Background: Cardiac injury is common in patients who are hospitalized with coronavirus disease 2019 (COVID-19) and portends poorer prognosis. However, the mechanism and the type of myocardial damage associated with severe acute respiratory syndrome coronavirus 2 (SARS-CoV-2) remain uncertain.
Methods: We conducted a systematic pathological analysis of 40 hearts from hospitalized patients dying of COVID-19 in Bergamo, Italy, to determine the pathological mechanisms of cardiac injury. We divided the hearts according to presence or absence of acute myocyte necrosis and then determined the underlying mechanisms of cardiac injury.
Results: Of the 40 hearts examined, 14 (35%) had evidence of myocyte necrosis, predominantly of the left ventricle. Compared with subjects without necrosis, subjects with necrosis tended to be female, have chronic kidney disease, and have shorter symptom onset to admission. The incidence of severe coronary artery disease (ie, >75% cross-sectional narrowing) was not significantly different between those with and without necrosis. Three of 14 (21.4%) subjects with myocyte necrosis showed evidence of acute myocardial infarction, defined as ≥1 cm2 area of necrosis, whereas 11 of 14 (78.6%) showed evidence of focal (>20 necrotic myocytes with an area of ≥0.05 mm2 but <1 cm2) myocyte necrosis. Cardiac thrombi were present in 11 of 14 (78.6%) cases with necrosis, with 2 of 14 (14.2%) having epicardial coronary artery thrombi, whereas 9 of 14 (64.3%) had microthrombi in myocardial capillaries, arterioles, and small muscular arteries. We compared cardiac microthrombi from COVID-19-positive autopsy cases to intramyocardial thromboemboli from COVID-19 cases as well as to aspirated thrombi obtained during primary percutaneous coronary intervention from uninfected and COVID-19-infected patients presenting with ST-segment-elevation myocardial infarction. Microthrombi had significantly greater fibrin and terminal complement C5b-9 immunostaining compared with intramyocardial thromboemboli from COVID-19-negative subjects and with aspirated thrombi. There were no significant differences between the constituents of thrombi aspirated from COVID-19-positive and -negative patients with ST-segment-elevation myocardial infarction.

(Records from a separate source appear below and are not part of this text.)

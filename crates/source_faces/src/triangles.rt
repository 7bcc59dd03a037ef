// Triangles with their source faces.
ghost use Rattle.std.specs.Prelude.{◌≡◌, ◌+◌, ◌<◌, ◌^◌, ◌++◌, ◌∷◌, [], IfOk, OnOk};
ghost use Rattle.mesh_terms.specs.Meshes.{triple_of, triples_of};
ghost use Rattle.source_faces.specs.Adding.{IsAdded};

use mb_base::NoMemory;
use ring_cutting::Filled;
use std::alloc::Global;

/// Triangles in order, the source face of each, and how many of them were forced.
#[derive(Debug, Drop)]
pub struct SourceTriangles {
    pub triples: Vec<[u32; 3]>,
    pub source: Vec<u32>,
    pub forced: u64,
}

impl SourceTriangles {
    /// No triangles yet, with room for so many.
    pub fn with_capacity(alloc: Global, capacity: usize) -> Result<SourceTriangles, NoMemory>
        ensures triples { IfOk result (λ all. all.triples.items ≡ []) }
        ensures source { IfOk result (λ all. all.source.items ≡ []) }
        ensures forced { IfOk result (λ all. all.forced ≡ 0) }
    {
        Ok(SourceTriangles {
            triples: Vec::with_capacity(alloc, capacity)?,
            source: Vec::with_capacity(alloc, capacity)?,
            forced: 0,
        })
    }

    /// Adds a triangle of a source face, which was not forced.
    pub fn push(&mut self, triple: [u32; 3], source: u32) -> Result<(), NoMemory>
        ensures triples { OnOk result (triples_of self.new.triples.items ≡ triples_of self.old.triples.items ++ triple_of triple ∷ []) }
        ensures source { OnOk result (self.new.source.items ≡ self.old.source.items ++ source ∷ []) }
        ensures forced { self.new.forced ≡ self.old.forced }
    {
        self.triples.push(triple)?;
        Ok(self.source.push(source)?)
    }

    /// Adds the filling of a source face.
    pub fn push_filled(&mut self, filled: &Filled, source: u32) -> Result<(), NoMemory>
        requires { self.old.forced + filled.now.forced < 2 ^ 64 }
        ensures { OnOk result (IsAdded source filled.now self.old self.new) }
    {
        self.forced += filled.forced;
        for triple in &filled.triples {
            self.push(*triple, source)?;
        }
        Ok(())
    }
}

Conclusions: The most common pathological cause of myocyte necrosis was microthrombi. Microthrombi were different in composition from intramyocardial thromboemboli from COVID-19-negative subjects and from coronary thrombi retrieved from COVID-19-positive and -negative patients with ST-segment-elevation myocardial infarction. Tailored antithrombotic strategies may be useful to counteract the cardiac effects of COVID-19 infection.
Keywords: COVID-19; SARS-CoV-2; cardiovascular disease; heart.